Given a set of points $P = (P^+ \sqcup P^-) \subset \mathbb{R}^d$ for some constant $d$ and a supply function $μ:P\to \mathbb{R}$ such that $μ(p) > 0~\forall p \in P^+$, $μ(p) < 0~\forall p \in P^-$, and $\sum_{p\in P}{μ(p)} = 0$, the geometric transportation problem asks one to find a transportation map $τ: P^+\times P^-\to \mathbb{R}_{\ge 0}$ such that $\sum_{q\in P^-}{τ(p, q)} = μ(p)~\forall p \in P^+$, $\sum_{p\in P^+}{τ(p, q)} = -μ(q)~ \forall q \in P^-$, and the weighted sum of Euclidean distances for the pairs $\sum_{(p,q)\in P^+\times P^-}τ(p, q)\cdot ||q-p||_2$ is minimized. We present the first deterministic algorithm that computes, in near-linear time, a transportation map whose cost is within a $(1 + \varepsilon)$ factor of optimal. More precisely, our algorithm runs in $O(n\varepsilon^{-(d+2)}\log^5{n}\log{\log{n}})$ time for any constant $\varepsilon > 0$. Surprisingly, our result is not only a generalization of a bipartite matching one to arbitrary instances of geometric transportation, but it also reduces the running time for all previously known $(1 + \varepsilon)$-approximation algorithms, randomized or deterministic, even for geometric bipartite matching.

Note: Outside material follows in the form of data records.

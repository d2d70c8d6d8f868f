// Readings of a slot before readings of what stands behind it.
ghost use Rattle.std.specs.Prelude.{◌≡◌, IfOk, [], ◌∷◌, map};
ghost use Rattle.rule_schemes.specs.Said.{Way, IsBefore};
ghost use Rattle.scheme_terms.specs.SchemeTree.{SchemeTree};
ghost use Rattle.ordered_readings.specs.NodeView.{reading};
ghost use Rattle.ordered_readings.specs.AnswerView.{answers, behind, IsRow, AreRows};
ghost use Rattle.ordered_readings.specs.FirstTwo.{AreInOrder, AreComparable, AreFirstOf, IsOneOf, pairs};

use crate::answers::{Answers, joined};
use crate::node::{Node, slot_before};
use binding_terms::NoMemory;
use std::alloc::Global;

/// The reading of a slot of that length, which binds so many, before that of what stands behind it.
fn paired(
    alloc: Global,
    length: usize,
    binds: usize,
    first: &Node,
    rest: &Node,
) -> Result<Node, NoMemory>
    ensures { IfOk result (λ new. IsRow (reading rest.now).0 → reading new ≡ behind length binds (reading first.now) (reading rest.now)) }
{
    match rest {
        Node::Group(inside) => Ok(Node::Group(inside.clone()?)),
        Node::Made(alternative, head, slots) => {
            let slots = slot_before(alloc, length, binds, first, slots)?;
            Ok(Node::Made(*alternative, *head, slots))
        }
    }
}

/// The one reading of a slot before each of the others.
fn before_each(
    alloc: Global,
    length: usize,
    binds: usize,
    first: &Node,
    rests: &Answers,
) -> Result<Answers, NoMemory>
    ensures { IfOk result (λ new. AreRows (answers rests.now) → answers new ≡ map (behind length binds (reading first.now)) (answers rests.now)) }
{
    match rests {
        Answers::Nothing => Ok(Answers::Nothing),
        Answers::One(a) => Ok(Answers::One(paired(alloc, length, binds, first, a)?)),
        Answers::Two(a, b) => {
            let one = paired(alloc, length, binds, first, a)?;
            let two = paired(alloc, length, binds, first, b)?;
            Ok(Answers::Two(one, two))
        }
    }
}

/// The first two of the readings of a slot, each before each of what stands behind it.
pub fn product(
    alloc: Global,
    length: usize,
    binds: usize,
    firsts: &Answers,
    rests: &Answers,
) -> Result<Answers, NoMemory>
    ensures { IfOk result
        (λ new. AreRows (answers rests.now)
        → ((d : Way × SchemeTree) → IsOneOf d (answers firsts.now) → AreInOrder IsBefore (map (behind length binds d) (answers rests.now)))
        → AreComparable IsBefore (pairs (behind length binds) (answers firsts.now) (answers rests.now))
        → AreFirstOf IsBefore (pairs (behind length binds) (answers firsts.now) (answers rests.now)) (answers new)) }
{
    match firsts {
        Answers::Nothing => Ok(Answers::Nothing),
        Answers::One(a) => {
            let one = before_each(alloc, length, binds, a, rests)?;
            Ok(one)
        }
        Answers::Two(a, b) => {
            let one = before_each(alloc, length, binds, a, rests)?;
            let two = before_each(alloc, length, binds, b, rests)?;
            Ok(joined(two, one))
        }
    }
}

In particular, we give the first $(1 + \varepsilon)$-approximate deterministic algorithm for geometric bipartite matching and the first $(1 + \varepsilon)$-approximate deterministic or randomized algorithm for geometric transportation with no dependence on $d$ in the exponent of the running time's polylog. As an additional application of our main ideas, we also give the first randomized near-linear $O(\varepsilon^{-2} m \log^{O(1)} n)$ time $(1 + \varepsilon)$-approximation algorithm for the uncapacitated minimum cost flow (transshipment) problem in undirected graphs with arbitrary real edge costs.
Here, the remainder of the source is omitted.